Академический Документы
Профессиональный Документы
Культура Документы
BAB I
PENDAHULUAN
A. Latar Belakang
BAB II
TINJAUAN PUSTAKA
A. Anatomi
1. Embriologi
Cikal bakal saluran empedu dan hati adalah penonjolan sebesar 3 mm, yang
timbul di daerah ventral usus depan. Bagian kranial tumbuh menjadi hati,
bagian kaudal menjadi kandung empedu. Dari tonjolan berongga yang
bagian padatnya kelak menjadi sel hati, tumbuh saluran empedu yang
bercabang-cabang seperti pohon di antara sel hati tersebut. (Sjamsuhidajat R,
De Jong W, 2005 )
2. Anatomi
Lapisan peritoneum yang sama yang meliputi hati meliputi fundus dan
permukaan inferior kantong empedu. Kadang-kadang, kandung empedu
memiliki penutup peritoneal lengkap dan ditangguhkan dalam mesenterium
dari permukaan rendah hati, dan jarang, itu tertanam jauh di dalam parenkim
hati (sebuah kantung empedu intrahepatik).
Kantong empedu dilapisi oleh satu, sangat dilipat, epitel kolumnar tinggi
yang mengandung kolesterol dan lemak gelembung-gelembung. Lendir
disekresikan ke kandung empedu berasal dari kelenjar tubuloalveolar
ditemukan di mukosa yang melapisi infundibulum dan leher kandung
empedu, tetapi absen dari tubuh dan fundus. Lapisan epitel kandung empedu
didukung oleh lamina propria. Lapisan otot memiliki serat longitudinal dan
melingkar miring, tapi tanpa lapisan berkembang dengan baik. Subserosa
perimuskular mengandung jaringan ikat, saraf, pembuluh, limfatik, dan
adiposit. Hal ini ditutupi oleh serosa kecuali kantong empedu tertanam dalam
hati. Kantong empedu berbeda histologis dari saluran pencernaan dalam hal
ini tidak memiliki mukosa muskularis dan submukosa.
Empedu di sekresi oleh sel hepar ke dalam ductulus biliaris yang bersatu
menjadi ductulus biliaris interlobularis yang bergabung untuk membentuk
ductus hepaticus dexter dan ductus hepaticus sinister. Ductus hepaticus
dexter menyalurkan empedu dari lobus hepatis dexter, dan ductus hepaticus
sinister menyalurkan empedu dari lobus hepatis sinister, termasuk lobus
caudatus dan hampir seluruh lobus quadratus. Setelah melewati porta
hepatis, kedua ductus hepaticus bersatu untuk membentuk ductus hepaticus
communis. Dari sebelah kanan ductus cysticus bersatu dengan ductus
hepaticus communis untuk membentuk ductus choledochus (biliaris) yang
membawa empedu ke dalam duodenum. (Moore KL, 2002)

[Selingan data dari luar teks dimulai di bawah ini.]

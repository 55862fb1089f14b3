//! Tests of reads of a complete input, and of the runs over a bare input.

use crate::picks::Once;
use crate::places::{Places, Single};
use capn_canon::{Form, Refusal};
use capn_serve::{Position, Run, RunFault, WholeInput, read_all, read_bare, run_bare, table_words};
use capn_stream::first;
use capn_words::{Bare, BareFault, Watched};
use std::alloc::{Allocator, Global};
use std::io::{self, Read};
use std::process::Abort;
use std::test::Fail;
use test_allocator::Refusing;

/// The position at which a bare input is refused.
const START: Position = Position {
    index: 0,
    offset: 0,
};

/// Returns the first `most` bytes of `input`, and the length of `input`.
fn taken<R: Read + Drop>(
    alloc: Global,
    input: R,
    most: usize,
) -> Result<(Vec<u8>, usize), RunFault> {
    let mut reader = Watched::new(input);
    let WholeInput { bytes, len } = read_all(alloc, &mut reader, most)?;
    Ok((bytes, len))
}

/// Tests whether `told` has the bytes `want` of an input of `len` bytes.
fn has_taken(told: Result<(Vec<u8>, usize), RunFault>, want: &[u8], len: usize) -> bool {
    match told {
        Ok((bytes, all)) => bytes.as_slice() == want && all == len,
        Err(_) => false,
    }
}

/// All bytes of an input are counted, and as many as fit are kept. How many bytes a read gives doesn't matter.
#[test]
fn the_first_bytes_of_an_input(rt: HostRuntime) {
    let input = b"abcde";
    for most in 0..=6usize {
        let want = &input[..most.min(5)];
        let at_once = taken(rt.alloc(), input.as_slice(), most);
        assert!(rt; has_taken(at_once, want, 5));
        let one_by_one = taken(rt.alloc(), Single { bytes: input }, most);
        assert!(rt; has_taken(one_by_one, want, 5));
    }
    assert!(rt; has_taken(taken(rt.alloc(), b"".as_slice(), 6), b"", 0));
}

/// A reader whose next `left` calls report a full buffer, but write nothing to it.
#[derive(Drop)]
struct Zeros {
    left: u64,
}

impl Read for Zeros {
    fn read(&mut self, buf: &mut [u8]) -> io::Result<usize> {
        if self.left == 0 {
            return Ok(0);
        }
        self.left -= 1;
        Ok(buf.len())
    }
}

/// An input may have 2^32 bytes, which are 65,536 chunks, and no more.
#[test]
fn the_longest_input(rt: HostRuntime) {
    let longest = taken(rt.alloc(), Zeros { left: 65_536 }, 3);
    assert!(rt; has_taken(longest, &[0; 3], 4_294_967_296));
    let longer = taken(rt.alloc(), Zeros { left: 65_537 }, 3);
    assert!(rt; matches!(longer, Err(RunFault::InputTooLong)));
}

/// Returns the fault of `read_all` and that of `read_bare` over a reader that gives `bytes` and then fails.
fn failed(alloc: Global, bytes: &[u8]) -> (Option<RunFault>, Option<RunFault>, bool) {
    let mut reader = Watched::new(Once {
        bytes,
        is_over: false,
    });
    let all = match read_all(alloc, &mut reader, 6) {
        Ok(_) => None,
        Err(fault) => Some(fault),
    };
    let has_failed = reader.failed();
    let mut reader = Watched::new(Once {
        bytes,
        is_over: false,
    });
    let bare = match read_bare(alloc, START, &mut reader) {
        Ok(_) => None,
        Err(fault) => Some(fault),
    };
    (all, bare, has_failed && reader.failed())
}

#[test]
fn a_reader_that_fails(rt: HostRuntime) {
    let want = (Some(RunFault::Io), Some(RunFault::Io), true);
    assert!(rt; failed(rt.alloc(), b"abc") == want);
}

/// Returns whether `read_all` and `read_bare` of `bytes` lack memory, if each allocation is refused.
fn lacks_memory(alloc: Global, bytes: &[u8]) -> (bool, bool) {
    let heap = Refusing::nth(alloc, 0);
    heap.refuse_each();
    let mut reader = Watched::new(bytes);
    let all = matches!(read_all(&heap, &mut reader, 6), Err(RunFault::Memory));
    let mut reader = Watched::new(bytes);
    let bare = matches!(read_bare(&heap, START, &mut reader), Err(RunFault::Memory));
    (all, bare)
}

/// An empty input takes no memory.
#[test]
fn an_input_without_memory(rt: HostRuntime) {
    assert!(rt; lacks_memory(rt.alloc(), b"abc") == (true, true));
    assert!(rt; lacks_memory(rt.alloc(), b"") == (false, false));
}

/// Returns the bytes of a bare input that is read.
fn read<R: Read + Drop>(alloc: Global, input: R) -> Result<Vec<u8>, RunFault> {
    let mut reader = Watched::new(input);
    read_bare(alloc, START, &mut reader)
}

/// Bytes that are not whole words are read, too. Only a run refuses them.
#[test]
fn the_bytes_of_a_bare_input(rt: HostRuntime) {
    let words = [7; 16];
    for len in [0, 3, 8, 16usize] {
        let told = read(rt.alloc(), &words[..len]);
        assert!(rt; told.is_ok_and(|bytes| bytes.as_slice() == &words[..len]));
    }
    let told = read(rt.alloc(), Single { bytes: &words });
    assert!(rt; told.is_ok_and(|bytes| bytes.as_slice() == words.as_slice()));
}

/// Returns the result of a run over the bare `input`, its output, and the position after it.
fn served<R: Read + Drop, A: Allocator + Copy>(
    alloc: Global,
    heap: A,
    input: R,
) -> (Result<(), RunFault>, Vec<u8>, Position) {
    let mut run = Run::new(Places);
    let mut reader = Watched::new(input);
    let mut writer = Watched::new(Vec::new(alloc));
    let ending = run_bare(heap, &mut run, &mut reader, &mut writer);
    let Run { service: _, at } = run;
    (ending, writer.into_inner(), at)
}

/// A bare input is one message, whose frame is the input.
#[test]
fn a_run_over_a_bare_input(rt: HostRuntime) {
    let (ending, text, at) = served(rt.alloc(), rt.alloc(), [7; 16].as_slice());
    assert!(rt; ending == Ok(()) && text.as_slice() == [0, 0, 16].as_slice());
    assert!(rt; at.index == 1 && at.offset == 16);
}

/// After a refused input, or one that is not read to its end, nothing is written, and the position is the first.
#[test]
fn a_bare_input_that_is_not_served(rt: HostRuntime) {
    let (ending, text, at) = served(rt.alloc(), rt.alloc(), [7; 11].as_slice());
    let refused = RunFault::Refused(START, Refusal::Bare(BareFault::NotWhole(11)));
    assert!(rt; ending == Err(refused) && text.is_empty() && at == START);
    let broken = Once {
        bytes: &[7; 16],
        is_over: false,
    };
    let (ending, text, at) = served(rt.alloc(), rt.alloc(), broken);
    assert!(rt; ending == Err(RunFault::Io) && text.is_empty() && at == START);
    let heap = Refusing::nth(rt.alloc(), 0);
    heap.refuse_each();
    let (ending, text, at) = served(rt.alloc(), &heap, [7; 16].as_slice());
    assert!(rt; ending == Err(RunFault::Memory) && text.is_empty() && at == START);
}

/// The tables of one segment, of two and of three, each with the number of words of the table. No segment has a word.
const TABLES: [(&[u8], u32); 3] = [
    (&[0, 0, 0, 0, 0, 0, 0, 0], 1),
    (&[1, 0, 0, 0, 0, 0, 0, 0, 0, 0, 0, 0, 0, 0, 0, 0], 2),
    (&[2, 0, 0, 0, 0, 0, 0, 0, 0, 0, 0, 0, 0, 0, 0, 0], 2),
];

#[test]
fn the_words_of_a_table(rt: HostRuntime) -> Result<(), Fail> {
    for (bytes, words) in TABLES {
        let Ok((message, _taken)) = first(rt.alloc(), bytes, 8) else {
            return Err(Fail::new("no frame"));
        };
        assert!(rt; table_words(Form::Stream, &message) == words);
        assert!(rt; table_words(Form::Packed, &message) == words);
    }
    let Ok(bare) = Bare::new(&[7; 16]) else {
        return Err(Fail::new("no words"));
    };
    assert!(rt; table_words(Form::Bare, &bare) == 0);
    Ok(())
}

Ductus choledochus berawal di sisi bebas omentum minus dari persatuan
ductus cysticus dan ductus hepaticus communis. Ductus choledochus
melintas ke kaudal di sebelah dorsal pars superior duodenum dan menempati
alur pada permukaan dorsal caput pancreatic. Disebelah kiri bagian
duodenum yang menurun, ductus choledochus bersentuhan dengan ductus
pancreaticus. Kedua ductus ini melintas miring melalui dinding bagian kedua
duodenum, lalu bersatu membentuk ampulla hepatopancreatica. Ujung distal
5
B. Fisiologi
CGK telah dikenal terletak dalam otot polos dari dinding kandung empedu.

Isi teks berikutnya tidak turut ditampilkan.